*To do:* Somewhere below are a line with "(λ placing. placing.places.items" and a later line with "let middle = low". Output exactly those lines and all lines between them.

════════════════════

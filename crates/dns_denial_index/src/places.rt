//! Keys in order, and where another key stands among them. Keys are strings of bytes.
ghost use Rattle.std.specs.Prelude.{◌≡◌, ◌+◌, ◌-◌, ◌*◌, ◌<◌, ◌≤◌, ◌^◌, IfOk, length, map};
ghost use Rattle.std.specs.List.Sorted.{IsPermutation};
ghost use Rattle.dns_denial_index.specs.Places.{key_of, place_of, IsNumbered};

use dns_evidence::Steps;
use dns_record::{NoMemory, Octets};
use std::cmp::Ordering;
use std::marker::Model;
use std::sync::ledger::Ledger;

/// Keys in order. Each of them has a place, and so have the gaps around it. Contracts see them as a list.
#[derive(Drop)]
pub(crate) struct Points {
    sorted: Vec<Octets>,
}

impl Model for Points {
    ghost use Rattle.std.specs.Prelude.{List, ℕ};
    ghost use Rattle.std.specs.Cmp.Lexicographic.{slice_cmp};
    ghost use Rattle.std.specs.List.Sorted.{IsSorted};
    ghost use Rattle.std.specs.Ordering.{nat_cmp};

    ghost Value = { List (List ℕ) };

    ghost view = { λ p. p.sorted.items };

    ghost invariant = { λ p. IsSorted (slice_cmp nat_cmp) p.sorted.items };
}

/// Keys in order, and the places of keys among them.
#[derive(Drop)]
pub(crate) struct Placing {
    pub(crate) points: Points,
    pub(crate) places: Vec<usize>,
}

impl Points {
    /// These keys, in order, and the place of each of them, in the order in which they were given.
    pub(crate) fn placing(keys: Vec<Octets>) -> Result<Placing, NoMemory>
        requires { length keys.items < 2 ^ 40 }
        ensures points { IfOk result (λ placing. IsPermutation keys.items placing.points) }
        ensures places { IfOk result (λ placing. placing.places.items ≡ map (place_of placing.points) keys.items) }
    {
        let mut places = vec![in *keys.allocator(); 0; keys.len()]?;
        let numbered = in_order(keys)?;
        let mut first = 0;
        for index in 0..numbered.len() {
            if numbered[index].0 != numbered[first].0 {
                first = index;
            }
            places[numbered[index].1] = 2 * first + 1;
        }
        let sorted = without_numbers(numbered)?;
        Ok(Placing {
            points: Points { sorted },
            places,
        })
    }

    /// How many places there are: one more than twice the points.
    pub(crate) fn places(&self) -> usize
        requires { length self.now < 2 ^ 40 }
        ensures { result ≡ 2 * length self.now + 1 }
    {
        2 * self.sorted.len() + 1
    }

    /// The place of a key: twice the number of points before it, and one more where it is a point itself. A step is a turn of the
    /// search, in which the key is compared with one point.
    pub(crate) fn place<L: Ledger>(&self, key: &[u8], steps: &mut Steps<L>) -> usize
        requires { length self.now < 2 ^ 40 }
        ensures place { result ≡ place_of self.now key.now }
        ensures rises { steps.old ≤ steps.new }
        ensures steps { 2 ^ (steps.new - steps.old) ≤ 2 * length self.now + 1 }
        ensures ticks { length self.now + 1 < 2 * 2 ^ (steps.new - steps.old) }
    {
        let mut low = 0;
        let mut high = self.sorted.len();
        let mut met = false;
        'turns: while low < high {
            steps.tick();
            let middle = low + (high - low) / 2;
            match self.sorted[middle].as_slice().cmp(key) {
                Ordering::Less => low = middle + 1,
                Ordering::Equal => {
                    met = true;
                    high = middle;
                }
                Ordering::Greater => high = middle,
            }
        }
        if met { 2 * low + 1 } else { 2 * low }
    }
}

// These keys in order, each with its number in the order in which they were given.
fn in_order(keys: Vec<Octets>) -> Result<Vec<(Octets, usize)>, NoMemory>
    ensures { IfOk result (λ numbered. IsNumbered keys.items numbered.items) }
{
    let mut numbered = Vec::with_capacity(*keys.allocator(), keys.len())?;
    for key in keys {
        let number = numbered.len();
        numbered.push((key, number))?;
    }
    // By keys alone: what is equal needn't be sorted further.
    numbered.sort_unstable_by(|one, two| one.0.cmp(&two.0));
    Ok(numbered)
}

// The keys alone.
fn without_numbers(numbered: Vec<(Octets, usize)>) -> Result<Vec<Octets>, NoMemory>
    ensures { IfOk result (λ keys. keys.items ≡ map key_of numbered.items) }
{
    let mut keys = Vec::with_capacity(*numbered.allocator(), numbered.len())?;
    for (key, _) in numbered {
        keys.push(key)?;
    }
    Ok(keys)
}
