//! What an index of NSEC3 records proves of a query (RFC 5155, 8).
ghost use Rattle.std.specs.Prelude.{◌≡◌, ℕ, ◌+◌, ◌-◌, ◌*◌, ◌≤◌, ◌^◌, length};
ghost use Rattle.dns_model.specs.declared.answered.Answered.TheVariants.{No, Expanded};
ghost use Rattle.dns_model.specs.declared.proof.Proof.TheVariants.{Secure};
ghost use Rattle.dns_hashed_denial.specs.HashedDenial.{IsDeniedByHashes, IsExpandedByHashes};
ghost use Rattle.dns_rules.specs.Nsec3Verdict.{nsec3_verdict as nsec3_verdict_in};

use crate::Nsec3Index;
use dns_denial::{Nsec3Parameters, Nsec3Records, nsec3_verdict};
use dns_evidence::Steps;
use dns_model::{Answered, Proof};
use dns_rdata::Nsec3Record;
use dns_record::{Name, NameRef, Query, RecordType, ResponseCode};
use std::marker::{Model, PhantomData};
use std::sync::ledger::Ledger;

// An index of which a verdict is made, with the ledger in which its steps are counted. Contracts see the list of its records.
#[derive(Drop)]
struct Asked<'a, L: Ledger> {
    index: &'a Nsec3Index,
    // The index's records, of which all are looked at for their zone and their parameters.
    nsec3s: &'a [Nsec3Record],
    ledger: PhantomData<L>,
}

impl<'a, L: Ledger> Model for Asked<'a, L> {
    ghost use Rattle.std.specs.Prelude.{◌≡◌, List};
    ghost use Rattle.dns_model.specs.Owned.{OwnedNsec3};

    ghost Value = { List OwnedNsec3 };

    ghost view = { λ a. a.index.now };

    ghost invariant = { λ a. a.nsec3s.now ≡ a.index.now };
}

impl<'a, L: Ledger> Nsec3Records for Asked<'a, L> {
    ghost use Rattle.std.specs.Prelude.{length};
    ghost use Rattle.dns_denial_index.specs.Steps.{most_steps as most_steps_of};

    type Notes = Steps<L>;

    ghost records = { λ a. a };

    ghost steps = { λ s. s };

    ghost most_steps = { λ a. most_steps_of (length a) };

    fn are_of_zone(&self, zone: &NameRef<'_>) -> bool {
        self.nsec3s.are_of_zone(zone)
    }

    fn parameters(&self) -> Option<Nsec3Parameters<'_>> {
        self.nsec3s.parameters()
    }

    fn matching(&self, hash: &[u8; 20], steps: &mut Steps<L>) -> Option<&Nsec3Record> {
        let found = self.index.found(hash, steps);
        self.index.numbered(found.matching)
    }

    fn covering(&self, hash: &[u8; 20], steps: &mut Steps<L>) -> Option<&Nsec3Record> {
        let found = self.index.found(hash, steps);
        self.index.numbered(found.covering)
    }

    fn wildcard_denies(
        &self,
        wildcard: &[u8; 20],
        record_type: RecordType,
        steps: &mut Steps<L>,
    ) -> bool {
        self.index.wildcard_denies(wildcard, record_type, steps)
    }
}

impl Nsec3Index {
    /// What the records prove of a response to a query, as `verify_nsec3` says it of their list. It takes no memory. There are at
    /// most three searches more than the query's name has labels, so at most 130, each within the steps of `covering`. For their
    /// zone and their parameters the records are gone over once.
    pub fn verify<L: Ledger>(
        &self,
        query: &Query,
        zone: &Name,
        code: ResponseCode,
        answered: Answered,
        soft: u16,
        hard: u16,
        steps: &mut Steps<L>,
    ) -> Proof
        ensures verdict { result ≡ nsec3_verdict_in query.now zone.now code.0 answered self.now soft hard }
        ensures denial { result ≡ Secure → answered ≡ No → IsDeniedByHashes query.now zone.now code.0 self.now }
        ensures expansion { (labels : ℕ) → result ≡ Secure → answered ≡ Expanded labels
            → IsExpandedByHashes query.now labels self.now }
        ensures steps { 2 ^ (steps.new - steps.old) ≤ (4 * length self.now + 1) ^ (length query.now.owner + 3) }
    {
        let asked = Asked::<L> {
            index: self,
            nsec3s: self.records(),
            ledger: PhantomData,
        };
        nsec3_verdict(query, zone, code, answered, &asked, soft, hard, steps)
    }
}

════════════════════

*Response for this exercise:*
        ensures places { IfOk result (λ placing. placing.places.items ≡ map (place_of placing.points) keys.items) }
    {
        let mut places = vec![in *keys.allocator(); 0; keys.len()]?;
        let numbered = in_order(keys)?;
        let mut first = 0;
        for index in 0..numbered.len() {
            if numbered[index].0 != numbered[first].0 {
                first = index;
            }
            places[numbered[index].1] = 2 * first + 1;
        }
        let sorted = without_numbers(numbered)?;
        Ok(Placing {
            points: Points { sorted },
            places,
        })
    }

    /// How many places there are: one more than twice the points.
    pub(crate) fn places(&self) -> usize
        requires { length self.now < 2 ^ 40 }
        ensures { result ≡ 2 * length self.now + 1 }
    {
        2 * self.sorted.len() + 1
    }

    /// The place of a key: twice the number of points before it, and one more where it is a point itself. A step is a turn of the
    /// search, in which the key is compared with one point.
    pub(crate) fn place<L: Ledger>(&self, key: &[u8], steps: &mut Steps<L>) -> usize
        requires { length self.now < 2 ^ 40 }
        ensures place { result ≡ place_of self.now key.now }
        ensures rises { steps.old ≤ steps.new }
        ensures steps { 2 ^ (steps.new - steps.old) ≤ 2 * length self.now + 1 }
        ensures ticks { length self.now + 1 < 2 * 2 ^ (steps.new - steps.old) }
    {
        let mut low = 0;
        let mut high = self.sorted.len();
        let mut met = false;
        'turns: while low < high {
            steps.tick();
            let middle = low + (high - low) / 2;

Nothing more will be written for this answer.